//! The messages that a client says.

ghost use Rattle.std.specs.Prelude.{◌≡◌, ◌≤◌, length, map, option_map, IfOk};
ghost use Rattle.v6_message.specs.Requests.{asked_content};
ghost use Rattle.v6_client.specs.Clients.{kept_in, plea_content, plea_in};
ghost use Rattle.lease6_text.specs.Leases.{lease6_content};
ghost use Rattle.v6_client.specs.Saying as saying;

use crate::leases::{Leases6, Plea6, duid_copied};
use crate::states::Say6;
use lease6_text::Lease6;
use net_types::NoMemory;
use std::alloc::Global;
use v6_items::{
    IaAsk, Scope6, ias_asked, ias_copied, ias_declined, ias_of, ias_released, ias_solicited,
};
use v6_message::{IaAsked, Kind6, Said6};
use v6_options::Duid;

fn plea_ias(plea: &Option<Plea6>) -> &[IaAsked]
    ensures asked { map asked_content result.now ≡ saying.plea_ias (option_map plea_content plea.now) }
    ensures few { length result.now ≤ 6 }
{
    match plea {
        Some(plea) => &plea.ias,
        None => &[],
    }
}

/// The IAs that a message names. `scope` is the client's as it stands when it has said the message, and `stood` what a
/// server is asked that isn't asked for held items.
fn ias_said(
    alloc: Global,
    kind: Kind6,
    scope: Scope6,
    kept: &Option<Lease6>,
    stood: &[IaAsked],
    asks: &[IaAsk],
) -> Result<Vec<IaAsked>, NoMemory>
    ensures { IfOk result
        (λ ias. map asked_content ias.items
        ≡ saying.ias_said kind scope asks.now (option_map lease6_content kept.now) (map asked_content stood.now)) }
{
    match kind {
        Kind6::Solicit => ias_solicited(alloc, asks),
        Kind6::Request => ias_copied(alloc, stood),
        Kind6::Renew | Kind6::Rebind => ias_asked(alloc, scope, ias_of(kept), asks),
        Kind6::Release => ias_released(alloc, ias_of(kept), asks),
        Kind6::Decline => ias_declined(alloc, ias_of(kept), stood),
    }
}

fn lease_server(alloc: Global, kept: &Option<Lease6>) -> Result<Option<Duid>, NoMemory>
    ensures { IfOk result
        (λ server. option_map (λ server. server.bytes.items) server
        ≡ saying.lease_server (option_map lease6_content kept.now)) }
{
    match kept {
        Some(lease) => Ok(Some(duid_copied(alloc, &lease.server)?)),
        None => Ok(None),
    }
}

fn plea_server(alloc: Global, plea: &Option<Plea6>) -> Result<Option<Duid>, NoMemory>
    ensures { IfOk result
        (λ server. option_map (λ server. server.bytes.items) server
        ≡ saying.plea_server (option_map plea_content plea.now)) }
{
    match plea {
        Some(plea) => Ok(Some(duid_copied(alloc, &plea.server)?)),
        None => Ok(None),
    }
}

/// The server that is spoken to.
fn server_said(alloc: Global, kind: Kind6, leases: &Leases6) -> Result<Option<Duid>, NoMemory>
    ensures { IfOk result
        (λ server. option_map (λ server. server.bytes.items) server
        ≡ saying.server_said kind (kept_in leases.now) (plea_in leases.now)) }
{
    match kind {
        Kind6::Solicit | Kind6::Rebind => Ok(None),
        Kind6::Request | Kind6::Decline => plea_server(alloc, &leases.plea),
        Kind6::Renew | Kind6::Release => lease_server(alloc, &leases.kept),
    }
}

fn rapid_said(kind: Kind6, rapid: bool) -> bool
    ensures { result ≡ saying.rapid_said kind rapid }
{
    match kind {
        Kind6::Solicit => rapid,
        Kind6::Request | Kind6::Renew | Kind6::Rebind | Kind6::Release | Kind6::Decline => false,
    }
}

/// The message with all that it names.
pub(crate) fn spoken_by(
    alloc: Global,
    rapid: bool,
    scope: Scope6,
    leases: &Leases6,
    asks: &[IaAsk],
    say: Say6,
) -> Result<Said6, NoMemory>
    requires { length asks.now ≤ 6 }
    ensures { IfOk result
        (λ said. saying.spoken_content said
        ≡ saying.spoken_by rapid scope asks.now (kept_in leases.now) (plea_in leases.now) say) }
{
    let stood = plea_ias(&leases.plea);
    let ias = ias_said(alloc, say.kind, scope, &leases.kept, stood, asks)?;
    Ok(Said6 {
        kind: say.kind,
        xid: say.xid,
        elapsed: say.elapsed,
        server: server_said(alloc, say.kind, leases)?,
        rapid: rapid_said(say.kind, rapid),
        ias,
    })
}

ASSIGNMENT:
Once the records are read, print each of them exactly as written.

WRITTEN ANSWER:
//! The messages that a client says.

ghost use Rattle.std.specs.Prelude.{◌≡◌, ◌≤◌, length, map, option_map, IfOk};
ghost use Rattle.v6_message.specs.Requests.{asked_content};
ghost use Rattle.v6_client.specs.Clients.{kept_in, plea_content, plea_in};
ghost use Rattle.lease6_text.specs.Leases.{lease6_content};
ghost use Rattle.v6_client.specs.Saying as saying;

use crate::leases::{Leases6, Plea6, duid_copied};
use crate::states::Say6;
use lease6_text::Lease6;
use net_types::NoMemory;
use std::alloc::Global;
use v6_items::{
    IaAsk, Scope6, ias_asked, ias_copied, ias_declined, ias_of, ias_released, ias_solicited,
};
use v6_message::{IaAsked, Kind6, Said6};
use v6_options::Duid;

fn plea_ias(plea: &Option<Plea6>) -> &[IaAsked]
    ensures asked { map asked_content result.now ≡ saying.plea_ias (option_map plea_content plea.now) }
    ensures few { length result.now ≤ 6 }
{
    match plea {
        Some(plea) => &plea.ias,
        None => &[],
    }
}

/// The IAs that a message names. `scope` is the client's as it stands when it has said the message, and `stood` what a
/// server is asked that isn't asked for held items.
fn ias_said(
    alloc: Global,
    kind: Kind6,
    scope: Scope6,
    kept: &Option<Lease6>,
    stood: &[IaAsked],
    asks: &[IaAsk],
) -> Result<Vec<IaAsked>, NoMemory>
    ensures { IfOk result
        (λ ias. map asked_content ias.items
        ≡ saying.ias_said kind scope asks.now (option_map lease6_content kept.now) (map asked_content stood.now)) }
{
    match kind {
        Kind6::Solicit => ias_solicited(alloc, asks),
        Kind6::Request => ias_copied(alloc, stood),
        Kind6::Renew | Kind6::Rebind => ias_asked(alloc, scope, ias_of(kept), asks),
        Kind6::Release => ias_released(alloc, ias_of(kept), asks),
        Kind6::Decline => ias_declined(alloc, ias_of(kept), stood),
    }
}

fn lease_server(alloc: Global, kept: &Option<Lease6>) -> Result<Option<Duid>, NoMemory>
    ensures { IfOk result
        (λ server. option_map (λ server. server.bytes.items) server
        ≡ saying.lease_server (option_map lease6_content kept.now)) }
{
    match kept {
        Some(lease) => Ok(Some(duid_copied(alloc, &lease.server)?)),
        None => Ok(None),
    }
}

fn plea_server(alloc: Global, plea: &Option<Plea6>) -> Result<Option<Duid>, NoMemory>
    ensures { IfOk result
        (λ server. option_map (λ server. server.bytes.items) server
        ≡ saying.plea_server (option_map plea_content plea.now)) }
{
    match plea {
        Some(plea) => Ok(Some(duid_copied(alloc, &plea.server)?)),
        None => Ok(None),
    }
}

/// The server that is spoken to.
fn server_said(alloc: Global, kind: Kind6, leases: &Leases6) -> Result<Option<Duid>, NoMemory>
    ensures { IfOk result
        (λ server. option_map (λ server. server.bytes.items) server
        ≡ saying.server_said kind (kept_in leases.now) (plea_in leases.now)) }
{
    match kind {
        Kind6::Solicit | Kind6::Rebind => Ok(None),
        Kind6::Request | Kind6::Decline => plea_server(alloc, &leases.plea),
        Kind6::Renew | Kind6::Release => lease_server(alloc, &leases.kept),
    }
}

fn rapid_said(kind: Kind6, rapid: bool) -> bool
    ensures { result ≡ saying.rapid_said kind rapid }
{
    match kind {
        Kind6::Solicit => rapid,
        Kind6::Request | Kind6::Renew | Kind6::Rebind | Kind6::Release | Kind6::Decline => false,
    }
}

/// The message with all that it names.
pub(crate) fn spoken_by(
    alloc: Global,
    rapid: bool,
    scope: Scope6,
    leases: &Leases6,
    asks: &[IaAsk],
    say: Say6,
) -> Result<Said6, NoMemory>
    requires { length asks.now ≤ 6 }
    ensures { IfOk result
        (λ said. saying.spoken_content said
        ≡ saying.spoken_by rapid scope asks.now (kept_in leases.now) (plea_in leases.now) say) }
{
    let stood = plea_ias(&leases.plea);
    let ias = ias_said(alloc, say.kind, scope, &leases.kept, stood, asks)?;
    Ok(Said6 {
        kind: say.kind,
        xid: say.xid,
        elapsed: say.elapsed,
        server: server_said(alloc, say.kind, leases)?,
        rapid: rapid_said(say.kind, rapid),
        ias,
    })
}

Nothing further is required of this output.